Menurutnya, manusia adalah makhluk yang memiliki kebebasan dalam memilih dan menentukan perbuatannya. Manusia dengan akalnya mempertimbangkan akibat perbuatan yang akan dilakukan, kemudian dia mengambil keputusan dengan kemauannya sendiri dan selanjutnya mewujudkan perbuatan itu dengan daya yang ada pada dirinya. Jelas bahwa bagi Muhammad Abduh, manusia secara alami mempunyai kebebasandalam menentukan kemauan dan perbuatan. Manusia tidak berbuat sesuatu kecuali setelah dia mempertimbangkan akibat-akibatnya dan atas pertimbangan inilah dia mengambil keputusan melaksanakan atau tidak melaksanakan perbuatan yang dimaksud.

Namun, manusia tidak mempunyai kebebasan tanpa batas atau kebebasan absolut. Abduh membatasi kebebasan manusia dengan memberikan contoh yang tergambar dalam peristiwa-peristiwa alamiah, seperti angin badai, kebakaran dan peristiwa-peristiwa lain yang tak terduga. Artinya, kebebasan manusia mempunyai batas-batasnya, terutama sekali karena di atas manusia masih ada kekuasaan Tuhan. Kekuasaan Tuhan yang membatasi kemauan dan kebebasan manusia itu terjadi melalui hukum ciptaan Tuhan. Tuhan menjadikan segala wujud di alam ini di bawah hukum alam, dalam suatu sistem hukum sebab akibat yang ditetapkan-Nya. Atas dasar itu, kiranya dapat dikatakan bahwa terjadinya peristiwa-peristiwa yang mengakibatkan kerugian pada manusia sebenarnya disebabkan oleh ketidak mampuan manusia sendiri dalam menguasai dan mengantisipasi hukum alam yang berintikan hukum sebab akibat itu. [26]


METODE PEMBAHARUANNYA

D
alam melakukan perbaikan Muhammad Abduh memandang bahwa suatu perbaikan tidaklah selamanya datang melalui revolusi atau cara serupa. Seperti halnya perubahan sesuatu secara cepat dan drastis. Akan tetapi juga dilakukan melalui perbaikan metode pemikiran pada umat islam. Melaui pendidikan, pembelajaran,dan perbaikan akhlaq. Juga dengan pembentukan masyarakat yang berbudaya dan berfikir yang bisa melakukan pembaharuan dalam agamanya. Sehingga dengannya akan tercipta rasa aman dan keteguhan dalam menjalankan agama islam. Muhammad Abduh menilai bahwa cara ini akan membutuhkan waktu lebih panjang dan lebih rumit. Akan tetapi memberikan dampak perbaikan yang lebih besar dibanding melalui politik dan perubahan secara besar-besaran dalam mewujudkan suatu kebangkitan dan kemajuan. Sebagaimana telah didefinisikan bahwa pembaharuan (tajdid) adalah kebangkitan dan penghidupan kembali dalam bidang keilmuan Islam dan aplikasi sebagaimana pada zaman Rasullullah dan para sahabat. Yang selama ini sempat hilang, terlupakan, bahkan terhapus dari tubuh umat Islam. [27]

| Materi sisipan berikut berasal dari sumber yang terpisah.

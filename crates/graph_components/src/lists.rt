// The nodes to which arcs lead, by the node that they leave.

ghost use Rattle.std.specs.Prelude.{◌≡◌, ◌<◌, [], All, IfOk, OnOk, length, map};
ghost use Rattle.flow_graph.specs.code.NumberLists.{AreLists, contents, with_last};
ghost use Rattle.graph_components.specs.code.Targets.{AreWithin, reversed_arc, targets_of};

use crate::OutOfMemory;
use crate::arc::Arc;
use smallvec::SmallVec;
use std::alloc::Global;

/// A list of nodes; a short one takes no block of its own.
pub(crate) type NodeList = SmallVec<u32, 4, Global>;

// So many empty lists.
fn empty_lists(alloc: Global, count: usize) -> Result<Vec<NodeList>, OutOfMemory>
    ensures { IfOk result (λ lists. AreLists (contents lists.items) count (λ _. [])) }
{
    let mut lists = Vec::with_capacity(alloc, count)?;
    for _ in 0..count {
        lists.push(NodeList::new(alloc))?;
    }
    Ok(lists)
}

// Puts a node last in the list of another.
fn put_last(lists: &mut Vec<NodeList>, index: u32, node: u32) -> Result<(), OutOfMemory>
    requires { index < length (contents lists.old.items) }
    ensures { OnOk result (contents lists.new.items ≡ with_last (contents lists.old.items) index node) }
{
    let list = &mut lists[index as usize];
    list.push(node)?;
    Ok(())
}

/// For each of so many nodes those to which arcs lead from it.
pub(crate) fn target_lists(
    alloc: Global,
    arcs: &[Arc],
    count: u32,
) -> Result<Vec<NodeList>, OutOfMemory>
    requires { AreWithin count arcs.now }
    ensures { IfOk result (λ lists. AreLists (contents lists.items) count (targets_of arcs.now)) }
{
    let mut lists = empty_lists(alloc, count as usize)?;
    for arc in arcs {
        put_last(&mut lists, arc.from, arc.to)?;
    }
    Ok(lists)
}

/// The arcs the other way round.
pub(crate) fn reversed_arcs(alloc: Global, arcs: &[Arc]) -> Result<Vec<Arc>, OutOfMemory>
    ensures { IfOk result (λ reversed. reversed.items ≡ map reversed_arc arcs.now) }
{
    let mut reversed = Vec::with_capacity(alloc, arcs.len())?;
    for arc in arcs {
        let turned = Arc {
            from: arc.to,
            to: arc.from,
        };
        reversed.push(turned)?;
    }
    Ok(reversed)
}
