// The arcs between nodes of one level: only these can lead there and back.

ghost use Rattle.std.specs.Prelude.{◌≡◌, IfOk, OnOk, ◌++◌, [], ◌∷◌, if◌then◌else◌};
ghost use Rattle.std.specs.List.{filter};
ghost use Rattle.graph_components.specs.code.Levels.{AreLevels, is_level};
ghost use Rattle.graph_components.specs.code.Targets.{AreWithin};

use crate::OutOfMemory;
use crate::arc::Arc;
use std::alloc::Global;

// Puts an arc last, where it is an inner one.
fn put_if(arcs: &mut Vec<Arc>, is_inner: bool, arc: Arc) -> Result<(), OutOfMemory>
    ensures { OnOk result (arcs.new.items ≡ arcs.old.items ++ (if is_inner then arc ∷ [] else [])) }
{
    if is_inner {
        arcs.push(arc)?;
    }
    Ok(())
}

/// The arcs between nodes of one level.
pub(crate) fn inner_arcs(
    alloc: Global,
    arcs: &[Arc],
    levels: &[u32],
    count: u32,
) -> Result<Vec<Arc>, OutOfMemory>
    requires within { AreWithin count arcs.now }
    requires levels { AreLevels arcs.now count levels.now }
    ensures { IfOk result (λ inner. inner.items ≡ filter (is_level levels.now) arcs.now) }
{
    let _ = count;
    let mut inner = Vec::new(alloc);
    for arc in arcs {
        let is_inner = levels[arc.to as usize] == levels[arc.from as usize];
        put_if(&mut inner, is_inner, *arc)?;
    }
    Ok(inner)
}
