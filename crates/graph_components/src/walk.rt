// Walks along arcs. What they find bears on the time alone.

use crate::OutOfMemory;
use crate::lists::NodeList;
use std::alloc::Global;

// A node that a walk has entered and not left.
#[derive(Clone, Copy)]
struct OpenNode {
    node: u32,
    // How many of the arcs that leave it were gone over.
    arcs: usize,
}

/// A walk: which nodes were entered, and those that were left, each behind those to which it led.
#[derive(Drop)]
pub(crate) struct Walk {
    open: Vec<OpenNode>,
    entered: Vec<bool>,
    left: Vec<u32>,
}

impl Walk {
    /// A walk that did not begin.
    pub(crate) fn new(alloc: Global, count: u32) -> Result<Walk, OutOfMemory> {
        let entered = vec![in alloc; false; count as usize]?;
        Ok(Walk {
            open: Vec::new(alloc),
            entered,
            left: Vec::new(alloc),
        })
    }

    // Enters a node that was not entered.
    fn enter(&mut self, node: u32) -> Result<(), OutOfMemory> {
        match self.entered.get_mut(node as usize) {
            Some(entered) if !*entered => *entered = true,
            _ => return Ok(()),
        }
        self.open.push(OpenNode { node, arcs: 0 })?;
        Ok(())
    }

    // Goes over the next arc of a node that was entered, or leaves it.
    fn visit(&mut self, lists: &[NodeList], latest: OpenNode) -> Result<(), OutOfMemory> {
        if latest.node as usize >= lists.len() {
            return Ok(());
        }
        match lists[latest.node as usize]
            .as_slice()
            .get(latest.arcs)
            .copied()
        {
            Some(other) => {
                self.open.push(OpenNode {
                    node: latest.node,
                    arcs: latest.arcs.saturating_add(1),
                })?;
                self.enter(other)
            }
            None => {
                self.left.push(latest.node)?;
                Ok(())
            }
        }
    }

    /// Walks from a node on, where it was not entered, in so many steps at most.
    pub(crate) fn walk_from(
        &mut self,
        lists: &[NodeList],
        node: u32,
        most: usize,
    ) -> Result<(), OutOfMemory> {
        self.enter(node)?;
        'steps: for _ in 0..most {
            let Some(latest) = self.open.pop() else {
                break;
            };
            self.visit(lists, latest)?;
        }
        Ok(())
    }

    /// The nodes that were left.
    pub(crate) fn left(&self) -> &[u32] {
        self.left.as_slice()
    }
}
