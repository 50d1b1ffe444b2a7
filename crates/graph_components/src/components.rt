// The components of a graph.

ghost use Rattle.std.specs.Prelude.{◌≡◌, ℕ, ◌+◌, ◌<◌, ◌≤◌, ◌^◌, All, IfOk, OnOk, length, slice_index, if◌then◌else◌};
ghost use Rattle.graph_components.specs.Components.{AreComponents};
ghost use Rattle.graph_components.specs.code.Found.{AddsComponent, AreFound, AreNumbered, AreWays};
ghost use Rattle.graph_components.specs.code.Levels.{AreLevels, is_level};
ghost use Rattle.graph_components.specs.code.Marks.{AreUpTo, in_both};
ghost use Rattle.graph_components.specs.code.Targets.{AreWithin};

use crate::OutOfMemory;
use crate::arc::Arc;
use crate::inner::inner_arcs;
use crate::levels::levels_of;
use crate::lists::{NodeList, reversed_arcs, target_lists};
use crate::reach::reached_from;
use std::alloc::Global;

// Arcs both ways round, with where they lead from each node.
#[derive(Drop)]
struct Ways<'a> {
    arcs: &'a [Arc],
    reversed: &'a [Arc],
    ahead: &'a [NodeList],
    behind: &'a [NodeList],
}

// The marks of searches both ways, and the numbers of the components that were found.
#[derive(Drop)]
struct Found {
    ahead: Vec<u32>,
    behind: Vec<u32>,
    numbers: Vec<u32>,
}

// Numbers those of some nodes that have the mark of a search.
fn number_marked(numbers: &mut Vec<u32>, nodes: &[u32], marks: &[u32], stamp: u32)
    requires inside { All (λ node. node < length numbers.old.items) nodes.now }
    requires marks { length marks.now ≡ length numbers.old.items }
    ensures count { length numbers.new.items ≡ length numbers.old.items }
    ensures each { (node : ℕ) → node < length numbers.old.items → slice_index numbers.new.items node
        ≡ (if in_both nodes.now marks.now stamp node then stamp else slice_index numbers.old.items node) }
{
    for node in nodes {
        if marks[*node as usize] == stamp {
            numbers[*node as usize] = stamp;
        }
    }
}

// Numbers the component of a node.
fn number_component(
    alloc: Global,
    ways: &Ways<'_>,
    found: &mut Found,
    start: u32,
) -> Result<(), OutOfMemory>
    requires few { length found.old.numbers.items ≤ 2 ^ 31 }
    requires ways { AreWays (length found.old.numbers.items) ways.now }
    requires start { start < length found.old.numbers.items }
    requires ahead_count { length found.old.ahead.items ≡ length found.old.numbers.items }
    requires ahead { AreUpTo start found.old.ahead.items }
    requires behind_count { length found.old.behind.items ≡ length found.old.numbers.items }
    requires behind { AreUpTo start found.old.behind.items }
    ensures adds { OnOk result (AddsComponent ways.now.arcs.now (length found.old.numbers.items) start found.old.numbers.items
        found.new.numbers.items) }
    ensures ahead_count { OnOk result (length found.new.ahead.items ≡ length found.old.numbers.items) }
    ensures ahead { OnOk result (AreUpTo (start + 1) found.new.ahead.items) }
    ensures behind_count { OnOk result (length found.new.behind.items ≡ length found.old.numbers.items) }
    ensures behind { OnOk result (AreUpTo (start + 1) found.new.behind.items) }
{
    let stamp = start + 1;
    let ahead = reached_from(alloc, ways.arcs, ways.ahead, &mut found.ahead, stamp, start)?;
    let _ = reached_from(
        alloc,
        ways.reversed,
        ways.behind,
        &mut found.behind,
        stamp,
        start,
    )?;
    number_marked(
        &mut found.numbers,
        ahead.as_slice(),
        found.behind.as_slice(),
        stamp,
    );
    Ok(())
}

// Numbers the component of a node that has no number.
fn number_if_new(
    alloc: Global,
    ways: &Ways<'_>,
    found: &mut Found,
    nodes: u32,
    start: u32,
) -> Result<(), OutOfMemory>
    requires few { nodes ≤ 2 ^ 31 }
    requires ways { AreWays nodes ways.now }
    requires start { start < nodes }
    requires found { AreFound ways.now.arcs.now nodes start found.old }
    ensures { OnOk result (AreFound ways.now.arcs.now nodes (start + 1) found.new) }
{
    let _ = nodes;
    if found.numbers[start as usize] != 0 {
        return Ok(());
    }
    number_component(alloc, ways, found, start)?;
    Ok(())
}

// Numbers all components.
fn number_all(alloc: Global, ways: &Ways<'_>, nodes: u32) -> Result<Vec<u32>, OutOfMemory>
    requires few { nodes ≤ 2 ^ 31 }
    requires ways { AreWays nodes ways.now }
    ensures { IfOk result (λ numbers. AreComponents ways.now.arcs.now nodes numbers.items) }
{
    let mut found = Found {
        ahead: vec![in alloc; 0u32; nodes as usize]?,
        behind: vec![in alloc; 0u32; nodes as usize]?,
        numbers: vec![in alloc; 0u32; nodes as usize]?,
    };
    for start in 0..nodes {
        number_if_new(alloc, ways, &mut found, nodes, start)?;
    }
    let Found {
        ahead: _,
        behind: _,
        numbers,
    } = found;
    Ok(numbers)
}

// The components of the graph that has these arcs alone, which lie within components of the whole.
fn components_of_inner(alloc: Global, inner: &[Arc], nodes: u32) -> Result<Vec<u32>, OutOfMemory>
    requires few { nodes ≤ 2 ^ 31 }
    requires within { AreWithin nodes inner.now }
    ensures { IfOk result (λ numbers. AreComponents inner.now nodes numbers.items) }
{
    let reversed = reversed_arcs(alloc, inner)?;
    let ahead = target_lists(alloc, inner, nodes)?;
    let behind = target_lists(alloc, reversed.as_slice(), nodes)?;
    let ways = Ways {
        arcs: inner,
        reversed: reversed.as_slice(),
        ahead: ahead.as_slice(),
        behind: behind.as_slice(),
    };
    number_all(alloc, &ways, nodes)
}

/// The components of a graph with so many nodes and these arcs: a number for each node, which two have in common exactly where they lead to each
/// other.
///
/// The work is linear in the nodes and the arcs. Numbers of components are found first, and looked at arc by arc: they do not rise along any arc,
/// and so nodes that lead to each other have the same. Two searches from a node, along the arcs between nodes of its number and against them, then
/// find its component. Should numbers have been wrong, which the contract does not rest on, the searches go further.
///
/// Fails only where memory runs out.
pub fn components_of(alloc: Global, arcs: &[Arc], nodes: u32) -> Result<Vec<u32>, OutOfMemory>
    requires few { nodes ≤ 2 ^ 31 }
    requires within { All (λ arc. (arc.from < nodes) × (arc.to < nodes)) arcs.now }
    ensures { IfOk result (λ numbers. AreComponents arcs.now nodes numbers.items) }
{
    let levels = levels_of(alloc, arcs, nodes)?;
    let inner = inner_arcs(alloc, arcs, levels.as_slice(), nodes)?;
    let numbers = components_of_inner(alloc, inner.as_slice(), nodes)?;
    Ok(numbers)
}
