// Writes the text of a graph's lints.
fn push_graph<R: Threads + Sync, G: Gate, K: Sink>(
    crew: &Crew<'_, R, G>,
    alloc: Global,
    shown: Shown<'_>,
    graph: &Graph<'_>,
    sink: &mut K,
) -> Result<Told, Fault>
    requires { K.faults sink.old < 2 ^ 32 - 1 }
    ensures delivers { DeliversBy (Lints shown.entry.form (file_text shown.entry.file) shown.entry.telling graph.now)
        (K.contents sink.old) (K.contents sink.new) result }
    ensures flushed { OnOk result (K.flushed sink.new ≡ true) }
    ensures fault { IfErr result (OfProgram (λ _. ⊥) ⊥ ⊥) }
    ensures faults { K.faults sink.new ≡ K.faults sink.old + write_faults_in result }
{
    let answers = answered(crew, alloc, graph)?;
    push_answers(alloc, shown, graph, &answers, sink)
}

// Writes what is told of a program, of the procedure of this number where there is one.
fn push_shown<R: Threads + Sync, G: Gate, K: Sink>(
    crew: &Crew<'_, R, G>,
    alloc: Global,
    asked: Asked<'_>,
    program: &Program,
    procedure: Option<u32>,
    sink: &mut K,
) -> Result<Told, Fault>
    requires below { K.faults sink.old < 2 ^ 32 - 1 }
    requires asked { ShowsProcedure program.now (name_asked asked.request) procedure }
    ensures delivers { DeliversBy (LintsWithin (wanted_of asked.entry) program.now) (K.contents sink.old) (K.contents sink.new) result }
    ensures flushed { OnOk result (K.flushed sink.new ≡ true) }
    ensures fault { IfErr result (OfProgram (IsOverLimit asked.entry.limits program.now) ⊥ ⊥) }
    ensures faults { K.faults sink.new ≡ K.faults sink.old + write_faults_in result }
{
    let graph = graph_of(alloc, program, asked.limits)?;
    let telling = Telling {
        kinds: asked.request.kinds,
        procedure,
        why: asked.request.why,
        style: asked.request.style,
    };
    push_graph(
        crew,
        alloc,
        Shown {
            form: asked.request.form,
            file: asked.file,
            telling,
        },
        &graph,
        sink,
    )
}

// Writes what is told of a program.
fn push_lints<R: Threads + Sync, G: Gate, K: Sink>(
    crew: &Crew<'_, R, G>,
    alloc: Global,
    asked: Asked<'_>,
    program: &Program,
    sink: &mut K,
) -> Result<Told, Fault>
    requires { K.faults sink.old < 2 ^ 32 - 1 }
    ensures delivers { DeliversBy (LintsWithin (wanted_of asked.entry) program.now) (K.contents sink.old) (K.contents sink.new) result }
    ensures flushed { OnOk result (K.flushed sink.new ≡ true) }
    ensures fault { IfErr result (OfProgram (IsOverLimit asked.entry.limits program.now)
        (LacksProcedure (name_asked asked.entry.request) program.now) ⊥) }
    ensures faults { K.faults sink.new ≡ K.faults sink.old + write_faults_in result }
{
    match procedure_asked(program, asked.request.procedure) {
        Some(procedure) => push_shown(crew, alloc, asked, program, procedure, sink),
        None => Err(Fault::NoProcedure),
    }
}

Sebagaimana telah diungkapkan oleh Muhammad Abduh bahwa metodenya dalam perbaikan adalah jalan tengah. Dalam hal ini beliau membagi umat Islam kepada 2 bagian yaitu:

  1. Mereka yang condong kepada ilmu-ilmu agama dan apa yang berhubungan dengan itu semua. Mereka itu yang biasa disebut al-Muqallid. 
  2. Mereka yang condong pada ilmu-ilmu dunia. Yang silau dan kagum akan Barat serta berbagai disiplin ilmu yang dimilikinya, dan kemajuannya dalam bidang materi.

Metode dalam pembaharuan yang digunakan oleh Muhammad Abduh adalah mengambil jalan tengah antara kedua kelompok diatas.

Menyeimbangkan antara kedua jalan tersebut. Yaitu antara kelompok yang berpegang teguh pada kejumudan taqlid dan mereka yang berlebihan dalam mengikuti Barat baik itu pada budaya dan disiplin ilmu yang mereka miliki. Sebagaimana yang diungkapan oleh Muhammad Abduh dalam metode pembaharuannya: “sesengguhnya aku menyeru kepada kebebasan berfikir dari ikatan belenggu taqlid dan memahami agama sebagaimana salaful ummat terdahulu”. Yang dimaksud dengan salaful umat di sini adalah kembali kepada sumber-sumber yang asli yaitu al-Qur’an dan al-Hadist sebagaimana yang dipraktikkan oleh para salafus shaleh terdahulu.


DAMPAK PEMIKIRANNYA
DALAM PEMIKIRAN ISLAM KONTEMPORER


M
uhammad Abduh adalah seorang pelopor reformasi dan pembaharuan dalam pemikiran Islam. Ide-idenya yang cemerlang, meninggalkan dampak yang besar dalam tubuh pemikiran umat Islam. beliaulah pendiri sekaligus peletak dasar-dasar sekolah pemikiran pada zaman modern juga menyebarkannya kepada manusia. Walau guru beliau Jamal Al-Afghani adalah sebagai orang pertama yang mengobarkan percikan pemikiran dalam jiwanya, akan tetapi Imam Muhammad Abduh sebagai mana diungkapkan Doktor. Muhammad Imarah, adalah seorang arsitektur terbesar dalam gerakan pembaharuan dan reformasi atau sekolah pemikiran modern. Melebihi guru beliu Jamaluddin Al-Afghani.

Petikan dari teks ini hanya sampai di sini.